Toronto is welcoming a wave of exciting developments and the latest of these pays homage to a much earlier project in eastern Canada. Construction of a 56,000 square metre mixed-use development of condominiums and penthouses has just begun and draws its inspiration from Moshe Safdie’s Habitat 67 housing complex built for Expo 67 in Montreal.
The new project, called King Toronto, has been designed for developers Westbank Corp & Allied Properties by Denmark’s Bjarke Ingels Group (BIG). It will feature stepped, terraced apartments with glass-brick façades covered in vertical gardens and will occupy a city block in King West, a previously industrial neighborhood fast developing a sohisticated new identity.
Bjarke Ingels’ vision is a pixellated one, drawing inspiration from Habitat 67’s tumbling boxes, but with BIG’s own distinctive signature, Mountain forms, geometric shapes and hybrid uses all feature in Ingel’s work and sustainabilty is a common theme. He likes to blur the boundaries between buildings and the natural world and it looks as if he’ll achieve that.
Ingels calls his design a “boxillated landscape”, describing it as “Habitat 2.0”. He says that he wanted to get away from the narrative he believes dominates much of Toronto.
”We asked ourselves if we could imagine an urban integrated equivalent of Safdie’s Habitat 67 half a century later,” he says. “In this revision, the street wall is broken and rotated. The monolithic volume of the tower-on-podium is chipped away to create an undulating landscape of terraces. And at every shift, an urban garden is created.”

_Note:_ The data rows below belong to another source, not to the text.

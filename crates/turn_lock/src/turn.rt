//! The lock and its calls.
ghost use Rattle.std.specs.Prelude.{◌≡◌, ℕ, ◌+◌, ◌^◌, ◌<◌, ◌≤◌, Some, [], ◌∷◌, ◌++◌, length, IsOk, IfOk, IfErr};

use crate::Kept;
use crate::pass::TurnPass;
use crate::plays::{Cut, Glue, Look};
use crate::rule::{ByTickets, SERVING, SLOT};
use crate::view::{About, Knows};
use atomic_table::{Refused, Table};
use std::alloc::{AllocError, Global};
use std::snapshot::Snapshot;
use std::sync::Wait;

/// A FIFO ticket lock over a value that is [`Kept`](crate::Kept).
///
/// It is used by its passes alone, which may be in other threads. It can't be dropped: `close` takes it apart
/// and gives the value back (docs/PROMISES.md, "A lock that keeps a history").
pub struct Turn<V: Kept> {
    pub(crate) table: Table<Option<V>, Knows<V::Item>, About<V>, ByTickets, Global>,
    ghost sized: { (table.shared.table_id.words ≡ 3) × (table.shared.table_id.slots ≡ 1) },
}

impl<V: Kept> Turn<V> {
    ghost use mathlib.Core.List.{IsPrefix};
    ghost use Rattle.turn_lock.specs.History.{MayFollow, added, longer, times, below};
    ghost use Rattle.turn_lock.specs.Pass.{rights_of, seen, own, held, IsIdle, IsHolding};
    ghost use Rattle.turn_lock.specs.Turn.{IsPassOf, all_rights, opening};

    /// The lock over `value`, and its first pass, which has all rights. The only error is running out of
    /// memory: the value is then handed back.
    pub fn new(
        alloc: Global,
        value: V,
        rights: u32,
    ) -> Result<(Turn<V>, TurnPass<V>), (V, AllocError)>
        requires some { 0 < rights }
        requires fits { length (V.list value) < 2 ^ 64 }
        ensures pass { IfOk result (λ r. IsPassOf r.0 r.1 × IsIdle r.1) }
        ensures rights { IfOk result (λ r. (all_rights r.0 ≡ rights) × (rights_of r.1 ≡ rights)) }
        ensures opening { IfOk result (λ r. opening V.list r.0 ≡ V.list value) }
        ensures seen { IfOk result (λ r. seen r.1 ≡ V.list value) }
        ensures own { IfOk result (λ r. own r.1 ≡ []) }
        ensures value_returned { IfErr result (λ e. e.0 ≡ value) }
    {
        let count = value.items();
        let about = About {
            rights,
            value: Snapshot::of(&value),
        };
        let Ok(mut slots) = Vec::with_capacity(alloc, 1) else {
            return Err((value, AllocError));
        };
        slots.push_reserved(Some(value));
        match Table::new(alloc, &[0, 0, count], slots, &about) {
            Ok((table, seat)) => {
                let pass = TurnPass {
                    seat,
                    rights,
                    count: 0,
                };
                Ok((Turn { table }, pass))
            }
            Err(Refused { slots }) => Err((only_value(slots), AllocError)),
        }
    }

    /// Gives one of the pass's rights to a new pass, which has seen as much and has added nothing. It takes no
    /// memory, and so never fails.
    pub fn split(&self, pass: &mut TurnPass<V>) -> Result<TurnPass<V>, AllocError>
        requires pass { IsPassOf self.now pass.old × IsIdle pass.old }
        requires rights { 2 ≤ rights_of pass.old }
        ensures succeeds { IsOk result }
        ensures pass { IsPassOf self.now pass.new × IsIdle pass.new }
        ensures rights { rights_of pass.new + 1 ≡ rights_of pass.old }
        ensures same { (seen pass.new ≡ seen pass.old) × (own pass.new ≡ own pass.old) }
        ensures new_pass { IfOk result (λ other. IsPassOf self.now other × IsIdle other) }
        ensures new_rights { IfOk result (λ other. rights_of other ≡ 1) }
        ensures new_seen { IfOk result (λ other. seen other ≡ seen pass.old) }
        ensures new_own { IfOk result (λ other. own other ≡ []) }
    {
        let seat = self.table.shared.split_seat::<Cut>(&mut pass.seat);
        pass.rights -= 1;
        Ok(TurnPass {
            seat,
            rights: 1,
            count: 0,
        })
    }

    /// Takes in another pass of this lock, with its rights, its positions and what it has seen.
    pub fn join(&self, into: &mut TurnPass<V>, other: TurnPass<V>)
        requires pass { IsPassOf self.now into.old × IsIdle into.old }
        requires other { IsPassOf self.now other × IsIdle other }
        ensures pass { IsPassOf self.now into.new × IsIdle into.new }
        ensures rights { rights_of into.new ≡ rights_of into.old + rights_of other }
        ensures seen { seen into.new ≡ longer (seen into.old) (seen other) }
        ensures prefix { IsPrefix (seen into.old) (seen into.new) }
        ensures other_prefix { IsPrefix (seen other) (seen into.new) }
        ensures own { own into.new ≡ own into.old ++ own other }
    {
        let TurnPass {
            seat,
            rights,
            count: _,
        } = other;
        let shared = &self.table.shared;
        shared.join_seat::<Glue>(&mut into.seat, seat);
        // What the two have seen are prefixes of one history: this look tells that the longer begins with the
        // shorter, and that the rights of both together are few.
        shared.load::<Look>(&mut into.seat, SERVING);
        into.rights += rights;
    }

    /// Waits for its turn, and takes the value out of the lock. The pass then goes to `release` before anything
    /// else. Turns go by tickets, and who finds others waiting draws its own a little later. That it is ever its turn
    /// isn't promised.
    pub fn hold<R: Wait>(&self, rt: &R, pass: &mut TurnPass<V>) -> V
        requires { IsPassOf self.now pass.old × IsIdle pass.old }
        ensures pass { IsPassOf self.now pass.new × IsHolding pass.new }
        ensures held { held pass.new ≡ V.list result }
        ensures prefix { IsPrefix (seen pass.old) (V.list result) }
        ensures fits { length (V.list result) < 2 ^ 64 }
        ensures same { (seen pass.new ≡ seen pass.old) × (own pass.new ≡ own pass.old) }
        ensures rights { rights_of pass.new ≡ rights_of pass.old }
    {
        self.stand_back(rt);
        let ticket = self.draw(&mut pass.seat);
        self.wait(rt, &mut pass.seat, ticket);
        let Some(value) = self.table.shared.exchange(&mut pass.seat, SLOT, None) else {
            unreachable!()
        };
        pass.count = value.items();
        value
    }

    /// Puts the value back and lets the next one have its turn. Since `hold` one item was added at most, whose
    /// position joins the pass's own.
    pub fn release(&self, pass: &mut TurnPass<V>, value: V)
        requires pass { IsPassOf self.now pass.old × IsHolding pass.old }
        requires history { MayFollow (held pass.old) (V.list value) }
        requires fits { length (V.list value) < 2 ^ 64 }
        ensures pass { IsPassOf self.now pass.new × IsIdle pass.new }
        ensures seen { seen pass.new ≡ V.list value }
        ensures own { own pass.new ≡ own pass.old ++ added (held pass.old) (V.list value) }
        ensures rights { rights_of pass.new ≡ rights_of pass.old }
    {
        let more = value.items() - pass.count;
        let shared = &self.table.shared;
        let empty = shared.exchange(&mut pass.seat, SLOT, Some(value));
        let None = empty else { unreachable!() };
        self.raise(&mut pass.seat, more);
        self.pass_on(&mut pass.seat);
    }

    /// Takes the lock apart, and gives the value back. The pass has all rights, so no other is left.
    pub fn close(self, pass: TurnPass<V>) -> V
        requires pass { IsPassOf self pass × IsIdle pass }
        requires rights { rights_of pass ≡ all_rights self }
        ensures seen { IsPrefix (seen pass) (V.list result) }
        ensures own { (p : ℕ) → times p (own pass) + below p (length (opening V.list self))
            ≡ below p (length (V.list result)) }
        ensures fits { length (V.list result) < 2 ^ 64 }
    {
        let TurnPass {
            seat,
            rights: _,
            count: _,
        } = pass;
        let Turn { table } = self;
        let mut closed = table.close_with(seat);
        let slot = closed.take(SLOT);
        closed.free();
        match slot {
            Some(value) => value,
            None => unreachable!(),
        }
    }
}

// The value that a vector of one slot has.
fn only_value<V>(mut slots: Vec<Option<V>>) -> V
    requires { (value : _) × (slots.items ≡ Some value ∷ []) }
    ensures { slots.items ≡ Some result ∷ [] }
{
    let Some(Some(value)) = slots.pop() else {
        unreachable!()
    };
    slots.destroy_empty();
    value
}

A series of peaks and valleys help light to enter the tumbling mass of building forms. The peaks frame a central courtyard opening to the street at the north and towards a new park to the south. Down at ground level, the courtyard runs up against the facades of the heritage buildings, which will hold office space and retail shops. The courtyard itself features a graphic terrazzo paving pattern, and a misting device called a ‘cloudmaker’, which uses rainwater and graywater to support the green planting.
Eight penthouses crown the project, facing north, south east and west and each of the cardinal directions has a different aesthetic. North’s is industrial, taking the existing red brick buildings as a reference point. The south makes extensive use of the light offered by glass construction materials and features plentiful foliage. The penthouses in the west feature a double-storey bookcase, a spiralling staircase and a sumac tree growing inside. Finally, the eastern facing dwellings are themed for warmth and calm, supported by modernist Scandinavian design.
The development took two years of negotiation with city planners to ensure it respected the area’s heritage because it grows amidst four, century-old red brick buildings on the King West street front. An informal and ‘organic’ network of laneways, alleys and secret gardens creates a public plaza within the development which should hold plenty of interest.
Its also a characteristic of BIG’s architecture that the drama of the development is grounded by practical details. Each home’s floor plan is generally either square or ‘L’ shaped. Rectangular rooms are eminently sensible and leftover corners become utility spaces or corridors. Outdoor spaces are important and designed for everyone to enjoy.
Ingels claims he hates being pigeonholed by any particular style, and has been responsible for some distinctive recent projects, including a jigsaw puzzle house that can be reassembled, a Lego experience centre, a Norwegian art gallery that twists like a fanned deck of cards as it bridges a river, and a dramatic roof for Google’s Mountain View development in California.